//! The history machine: what is kept, what is asked and what is answered.
#![tactic(auto)]

pub mod access;
pub mod change;
pub mod command;
pub mod halt;
pub mod held;
pub mod keeper;
pub mod kept;
pub mod records;
pub mod reply;
pub mod rights;
pub mod wrapper;
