//! One setting more of a version.
ghost use Rattle.std.specs.Prelude.{◌≡◌, ◌+◌, false, IfOk, OnOk};
ghost use Rattle.sqlite.specs.Held.{state};
ghost use Rattle.sqlite.specs.State.{HasCleanDisk};
ghost use Rattle.vault_core_model.specs.declared.change.Change.TheVariants as change;
ghost use Rattle.vault_core_model.specs.Reads.{count_of_settings};
ghost use Rattle.vault_store_apply.specs.Applies.{Changes, MayLeaveChanged};
ghost use Rattle.vault_store_reads.specs.Quiet.{IsOpenIfOk};
ghost use Rattle.vault_store_edits.specs.Commits.{KeepsIfErr};

use crate::commit::commit_part;
use crate::parts::setting::NewSetting;
use sqlite::{Alter, Connection, Error, ErrorCode};
use vault_base::moment::Moment;
use vault_base::name::VersionId;
use vault_core_model::records::{LastSetting, Setting};
use vault_store_reads::rows_in_order::reads::read_setting;

/// The place after the last setting, counted from 1. `TooBig` beyond 32 bits.
fn next_place(last: Option<LastSetting>) -> Result<u32, Error>
    ensures { IfOk result (λ place. place ≡ count_of_settings last + 1) }
{
    let count = match last {
        Some(last) => last.count,
        None => 0,
    };
    if count >= 4_294_967_295 {
        return Err(Error::SqliteFailure(ErrorCode::TooBig));
    }
    Ok((count + 1) as u32)
}

/// Gives a version one setting more. `TooBig` where it has 2^32 - 1 of them.
pub fn add_setting<S: Alter>(
    conn: &mut Connection<S>,
    at: Moment,
    id: VersionId,
    setting: &Setting,
) -> Result<(), Error>
    requires { conn.old.in_transaction ≡ false }
    ensures mode { conn.new.in_transaction ≡ false }
    ensures open { IsOpenIfOk S.Store conn.new result }
    ensures done { HasCleanDisk (state S.Store conn.new) → OnOk result (Changes (state S.Store conn.old) (state S.Store conn.new) at (change.AddSetting id setting.now)) }
    ensures nothing { KeepsIfErr S.Store conn.old conn.new result }
    ensures honest { HasCleanDisk (state S.Store conn.new) → HasCleanDisk (state S.Store conn.old) }
    ensures crash { MayLeaveChanged S.Store conn.old conn.new at (change.AddSetting id setting.now) }
{
    let last = read_setting(conn, id)?;
    let place = next_place(last)?;
    commit_part(
        conn,
        at,
        &NewSetting {
            at,
            id,
            place,
            setting,
        },
    )
}
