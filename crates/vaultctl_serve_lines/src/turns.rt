//! Turns at two doors: one request or one line after another.
ghost use Rattle.std.specs.Prelude.{◌≡◌, ◌≢◌, ℕ, Bool, List, Ok, Option};
ghost use Rattle.vault_base.specs.Days.{moment_at};
ghost use Rattle.vault_core_model.specs.Step.{Reached};
ghost use Rattle.vault_core.specs.Hearing.{HearsAll, HearsOnce, HearsSome};
ghost use Rattle.vault_core_model.specs.LeavesMany.{LeavesNoLess};
ghost use Rattle.vault_core.specs.Hearing.{AtMostOne};
ghost use Rattle.vaultctl_log.specs.declared.entry.Facts.{Facts};
ghost use Rattle.vaultctl_serve.specs.Account.{IsAccounted, IsLineAccounted};
ghost use Rattle.vaultctl_serve.specs.Serving.{ReadsAs, ReportsOnce, Stepped};
ghost use Rattle.vaultctl_serve_lines_answers.specs.Closing.{IsEnded, MayEnd};
ghost use Rattle.vaultctl_serve_lines.specs.Doors.{line_trouble, LogsInTurns, ServedInTurns, SteppedInTurns, StepsAt, taken_by, turn_after};

use crate::doors::{Arrived, Doors};
use std::time::{Clock, Duration, Instant};
use vault_base::moment::Moment;
use vault_core::hearing::Hears;
use vault_core_model::keeper::Keeper;
use vault_http::Occasion;
use vaultctl_log::entry::Trouble;
use vaultctl_replay::ReplayFault;
use vaultctl_serve::inbound::TimedPeer;
use vaultctl_serve::lingering::linger;
use vaultctl_serve::noted::{Noted, NotedAnswer};
use vaultctl_serve::peer::Peer;
use vaultctl_serve::reporter::Reporter;
use vaultctl_serve::timed::TimedAnswer;
use vaultctl_serve::{serve_connection, trouble_of};
use vaultctl_serve_lines_answers::heard::Heard;
use vaultctl_serve_lines_answers::line::{Next, serve_line};
use vaultctl_serve_lines_answers::service::Service;

/// What a turn came to.
#[derive(Clone, Copy, Debug, PartialEq, Eq)]
pub enum Turn {
    /// Nothing came.
    Idle,
    /// A request or a line was taken.
    Taken,
    /// A line ended the server.
    End,
}

/// A server: the clock by which it waits, and what it says of itself.
#[derive(Drop)]
pub struct Server<'a, C: Clock> {
    pub clock: &'a C,
    pub service: &'a Service,
}

/// How a line was answered, and what went by as it was.
#[derive(Drop)]
struct Answering {
    answered: Result<Next, ReplayFault>,
    noted: Noted,
}

/// Answers a line on its connection, and notes what is written.
///
/// The faults are those of `serve_line`; and `Read` comes where the clock can't say how long one waits for the client.
/// Then nothing was carried out.
fn answer_talker<C: Clock, P: Peer, K: Keeper, H: Hears>(
    server: &Server<'_, C>,
    talker: &P,
    heard: &Heard,
    keeper: &mut K,
    hears: &mut H,
    reading: i64,
) -> Answering
    ensures once { K.is_honest keeper.new → AtMostOne (moment_at reading) (K.vault keeper.old) (K.vault keeper.new) }
    ensures heard { K.is_honest keeper.new → HearsOnce H.hears hears.old hears.new (moment_at reading) (K.vault keeper.old) (K.vault keeper.new) }
    ensures end { result.answered ≡ Ok Next.End → K.is_honest keeper.new → MayEnd (K.vault keeper.new) (moment_at reading) heard.now.bytes.items }
    ensures leaves { LeavesNoLess K.Kept keeper.old keeper.new }
{
    let mut noted = Noted::new(server.service.alloc);
    let Ok(since) = Instant::now(server.clock) else {
        return Answering {
            answered: Err(ReplayFault::Read),
            noted,
        };
    };
    let clock = server.clock;
    let peer = talker;
    let mut writer = NotedAnswer {
        writer: TimedAnswer::new(TimedPeer { clock, peer, since }),
        seen: noted.take_answered(),
    };
    let answered = serve_line(server.service, heard, &mut writer, keeper, hears, reading);
    noted.took = since.elapsed(clock).unwrap_or(Duration::ZERO);
    noted.answered = writer.seen;
    Answering { answered, noted }
}

/// Keeps the connection of a line that was answered, where more lines may come on it; else closes it, at once where its
/// reply wasn't taken.
fn part<C: Clock, D: Doors>(
    clock: &C,
    doors: &mut D,
    talker: D::Talker,
    is_ended: bool,
    answered: Result<Next, ReplayFault>,
)
    ensures tries { D.tries doors.new ≡ D.tries doors.old }
    ensures logs { (before : D) (f : Facts) (asked said : List ℕ) (whole : Bool) → D.logs before f asked said whole doors.old → D.logs before f asked said whole doors.new }
{
    match answered {
        Ok(Next::On) if is_ended => doors.keep(talker),
        Ok(_) => {
            let _ = linger(clock, &talker);
        }
        Err(_) => {}
    }
}

/// What a turn came to whose line was answered so.
fn turn_of(answered: Result<Next, ReplayFault>) -> Turn
    ensures { result ≡ turn_after answered }
{
    match answered {
        Ok(Next::End) => Turn::End,
        _ => Turn::Taken,
    }
}

/// What kept a line from its end that was answered so.
fn trouble_in(answered: Result<Next, ReplayFault>) -> Option<Trouble>
    ensures { result ≡ line_trouble answered }
{
    match answered {
        Ok(_) => None,
        Err(ReplayFault::Read) => Some(Trouble::Late),
        Err(ReplayFault::Write) => Some(Trouble::Untaken),
        Err(ReplayFault::Memory) => Some(Trouble::Memory),
    }
}

/// Serves a request, at the clock's reading as it is taken. What became of it is logged.
fn serve_request<C: Clock, D: Doors, K: Keeper, H: Hears>(
    server: &Server<'_, C>,
    doors: &mut D,
    peer: &D::Request,
    keeper: &mut K,
    hears: &mut H,
)
    ensures tries { D.tries doors.new ≡ D.tries doors.old }
    ensures timely { K.is_honest keeper.new → StepsAt (D.tries doors.old) (D.shown doors.old) (K.vault keeper.old) (K.vault keeper.new) }
    ensures heard { K.is_honest keeper.new → HearsSome H.hears hears.old hears.new (K.vault keeper.old) (K.vault keeper.new) }
    // What is logged is what happened: the moment, and that nothing was carried out of what came late.
    ensures logged { K.is_honest keeper.new → (moment : Option ℕ) × ReadsAs (D.tries doors.old) (D.shown doors.old) moment
        × IsAccounted D.logs doors.old doors.new moment (K.vault keeper.old) (K.vault keeper.new) }
    // It is logged whatever the device does, and once.
    ensures log { (f : Facts) × (asked answered : List ℕ) × (whole : Bool) × D.logs doors.old f asked answered whole doors.new }
    ensures leaves { LeavesNoLess K.Kept keeper.old keeper.new }
{
    let reading = doors.reading();
    let mut noted = Noted::new(server.service.alloc);
    let moment = Moment::from_secs(reading);
    let hosts = doors.hosts();
    let occasion = Occasion { moment, hosts };
    // A fault of the connection is its own.
    let served = serve_connection(server.clock, &mut noted, peer, keeper, hears, &occasion);
    // An entry that can't be written is lost.
    let _ = doors.log(&noted.request(reading, trouble_of(served)));
}

/// Answers a line, at the clock's reading as it is taken. What became of it is logged.
///
/// The faults are those of `answer_talker`.
fn answer_heard<C: Clock, D: Doors, K: Keeper, H: Hears>(
    server: &Server<'_, C>,
    doors: &mut D,
    talker: &D::Talker,
    heard: &Heard,
    keeper: &mut K,
    hears: &mut H,
) -> Result<Next, ReplayFault>
    ensures tries { D.tries doors.new ≡ D.tries doors.old }
    ensures timely { K.is_honest keeper.new → StepsAt (D.tries doors.old) (D.shown doors.old) (K.vault keeper.old) (K.vault keeper.new) }
    ensures heard { K.is_honest keeper.new → HearsSome H.hears hears.old hears.new (K.vault keeper.old) (K.vault keeper.new) }
    ensures end { result ≡ Ok Next.End → K.is_honest keeper.new → IsEnded (K.vault keeper.new) }
    // What is logged is what happened: the line, the moment, and what kept the line from its end.
    ensures logged { K.is_honest keeper.new → (moment : Option ℕ) × ReadsAs (D.tries doors.old) (D.shown doors.old) moment
        × IsLineAccounted D.logs doors.old doors.new moment heard.now.bytes.items (line_trouble result) (K.vault keeper.old) (K.vault keeper.new) }
    ensures log { (f : Facts) × (asked answered : List ℕ) × (whole : Bool) × D.logs doors.old f asked answered whole doors.new }
    ensures leaves { LeavesNoLess K.Kept keeper.old keeper.new }
{
    let reading = doors.reading();
    let answering = answer_talker(server, talker, heard, keeper, hears, reading);
    let trouble = trouble_in(answering.answered);
    let _ = doors.log(
        &answering
            .noted
            .line(heard.bytes.as_slice(), reading, trouble),
    );
    answering.answered
}

/// One turn: waits for what comes, and serves a request or a line, at the clock's reading as it is taken.
fn serve_turn<C: Clock, D: Doors, K: Keeper, H: Hears>(
    server: &Server<'_, C>,
    doors: &mut D,
    keeper: &mut K,
    hears: &mut H,
) -> Turn
    ensures timely { K.is_honest keeper.new → SteppedInTurns 1 (taken_by result) (D.tries doors.old) (D.tries doors.new) (K.vault keeper.old) (K.vault keeper.new) }
    ensures heard { K.is_honest keeper.new → HearsSome H.hears hears.old hears.new (K.vault keeper.old) (K.vault keeper.new) }
    ensures end { result ≡ Turn.End → K.is_honest keeper.new → IsEnded (K.vault keeper.new) }
    // What was taken is logged once, and else nothing is.
    ensures logged { LogsInTurns D.tries D.silent D.logs 1 (taken_by result) doors.old doors.new }
    ensures leaves { LeavesNoLess K.Kept keeper.old keeper.new }
{
    match doors.next() {
        Arrived::Request(peer) => {
            serve_request(server, doors, &peer, keeper, hears);
            Turn::Taken
        }
        Arrived::Line(heard, talker) => {
            let answered = answer_heard(server, doors, &talker, &heard, keeper, hears);
            part(server.clock, doors, talker, heard.is_ended, answered);
            turn_of(answered)
        }
        Arrived::Nothing => Turn::Idle,
    }
}

/// One turn. Where that is when the vault's device fails for the first time since it had failed `since` times, that is
/// reported.
fn watch_turn<C: Clock, D: Doors, K: Keeper, H: Hears, T: Reporter>(
    server: &Server<'_, C>,
    doors: &mut D,
    keeper: &mut K,
    hears: &mut H,
    since: u64,
    reporter: &mut T,
) -> Turn
    ensures timely { K.is_honest keeper.new → SteppedInTurns 1 (taken_by result) (D.tries doors.old) (D.tries doors.new) (K.vault keeper.old) (K.vault keeper.new) }
    ensures heard { K.is_honest keeper.new → HearsSome H.hears hears.old hears.new (K.vault keeper.old) (K.vault keeper.new) }
    ensures end { result ≡ Turn.End → K.is_honest keeper.new → IsEnded (K.vault keeper.new) }
    // What was taken is logged once, and else nothing is.
    ensures logged { LogsInTurns D.tries D.silent D.logs 1 (taken_by result) doors.old doors.new }
    ensures reported { K.count keeper.old ≡ since → ReportsOnce T.fails since (K.count keeper.new) reporter.old reporter.new }
    // It isn't reported a second time.
    ensures once { K.count keeper.old ≢ since → reporter.new ≡ reporter.old }
    ensures leaves { LeavesNoLess K.Kept keeper.old keeper.new }
{
    let had_failed = keeper.faults() != since;
    let turn = serve_turn(server, doors, keeper, hears);
    if !had_failed && keeper.faults() != since {
        reporter.failed();
    }
    turn
}

/// Takes `count` requests and lines that come in at two doors, and serves each at the clock's reading as it was taken,
/// or goes on up to the line that asks for the end: answers which of these it was. It ends too after the command after
/// which who hears lets no more be carried out; that is answered as if all were taken.
///
/// Each turn is one request or one line, so that a request waits for one line at most, and a line for one request. That
/// the vault's device failed is reported once, when it first does. A request that isn't served to its end counts as any
/// other, and so does a line.
pub fn serve_doors<C: Clock, D: Doors, K: Keeper, H: Hears, T: Reporter>(
    server: &Server<'_, C>,
    doors: &mut D,
    keeper: &mut K,
    hears: &mut H,
    count: u32,
    reporter: &mut T,
) -> Next
    // For each request and each line that was taken at most one command was carried out, at the clock's reading then;
    // `count` were taken, or fewer where a line ended it or who hears lets no more be carried out.
    ensures timely { K.is_honest keeper.new → ServedInTurns result (H.going hears.new) count (λ turns n.
        SteppedInTurns turns n (D.tries doors.old) (D.tries doors.new) (K.vault keeper.old) (K.vault keeper.new)) }
    ensures stepped { K.is_honest keeper.new → Stepped count (K.vault keeper.old) (K.vault keeper.new) }
    // Commands led to the vault, and each was heard of with its reply, while who hears let it be carried out.
    ensures heard { K.is_honest keeper.new → HearsAll H.going H.hears hears.old hears.new (K.vault keeper.old) (K.vault keeper.new) }
    // A vault that runs lead to from a new one is left as such a vault.
    ensures reached { K.is_honest keeper.new → Reached (K.vault keeper.old) → Reached (K.vault keeper.new) }
    // Only a caller with the right to administer ends it.
    ensures end { result ≡ Next.End → K.is_honest keeper.new → IsEnded (K.vault keeper.new) }
    // A device that failed is reported, once; where none failed nothing is.
    ensures reported { ReportsOnce T.fails (K.count keeper.old) (K.count keeper.new) reporter.old reporter.new }
    // Each request and each line that was taken is logged once, and else nothing is but what couldn't be taken.
    ensures logged { ServedInTurns result (H.going hears.new) count (λ turns n. LogsInTurns D.tries D.silent D.logs turns n doors.old doors.new) }
    ensures leaves { LeavesNoLess K.Kept keeper.old keeper.new }
{
    let since = keeper.faults();
    let mut taken: u32 = 0;
    for _turn in 0..u64::MAX {
        if taken == count {
            return Next::On;
        }
        if !hears.goes_on() {
            return Next::On;
        }
        match watch_turn(server, doors, keeper, hears, since, reporter) {
            Turn::Idle => {}
            Turn::Taken => taken += 1,
            Turn::End => return Next::End,
        }
    }
    Next::On
}
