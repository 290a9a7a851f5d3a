//! Where lines come in.

/// Where lines come in.
#[derive(Clone, Copy)]
pub enum LinePlace<'a> {
    /// A port of 127.0.0.1.
    Port(u16),
    /// The path of a Unix socket.
    Path(&'a str),
}

impl<'a> LinePlace<'a> {
    /// The place that a text names: digits alone a port, any other text a path. None where it has no character, or
    /// where the digits are no number from 1 to 65535.
    pub fn read(text: &'a str) -> Option<LinePlace<'a>> {
        if text.is_empty() {
            return None;
        }
        if !text.bytes().all(|byte| byte.is_ascii_digit()) {
            return Some(LinePlace::Path(text));
        }
        match text.parse::<u16>() {
            Ok(port) if port > 0 => Some(LinePlace::Port(port)),
            _ => None,
        }
    }
}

• _Task brief_
Quote the records from their first line to the line with "if count >= 4_294_967_295", inclusive, without adding or dropping anything.

• _Exercise solution_
//! The history machine: what is kept, what is asked and what is answered.
#![tactic(auto)]

pub mod access;
pub mod change;
pub mod command;
pub mod halt;
pub mod held;
pub mod keeper;
pub mod kept;
pub mod records;
pub mod reply;
pub mod rights;
pub mod wrapper;
//! One setting more of a version.
ghost use Rattle.std.specs.Prelude.{◌≡◌, ◌+◌, false, IfOk, OnOk};
ghost use Rattle.sqlite.specs.Held.{state};
ghost use Rattle.sqlite.specs.State.{HasCleanDisk};
ghost use Rattle.vault_core_model.specs.declared.change.Change.TheVariants as change;
ghost use Rattle.vault_core_model.specs.Reads.{count_of_settings};
ghost use Rattle.vault_store_apply.specs.Applies.{Changes, MayLeaveChanged};
ghost use Rattle.vault_store_reads.specs.Quiet.{IsOpenIfOk};
ghost use Rattle.vault_store_edits.specs.Commits.{KeepsIfErr};

use crate::commit::commit_part;
use crate::parts::setting::NewSetting;
use sqlite::{Alter, Connection, Error, ErrorCode};
use vault_base::moment::Moment;
use vault_base::name::VersionId;
use vault_core_model::records::{LastSetting, Setting};
use vault_store_reads::rows_in_order::reads::read_setting;

/// The place after the last setting, counted from 1. `TooBig` beyond 32 bits.
fn next_place(last: Option<LastSetting>) -> Result<u32, Error>
    ensures { IfOk result (λ place. place ≡ count_of_settings last + 1) }
{
    let count = match last {
        Some(last) => last.count,
        None => 0,
    };
    if count >= 4_294_967_295 {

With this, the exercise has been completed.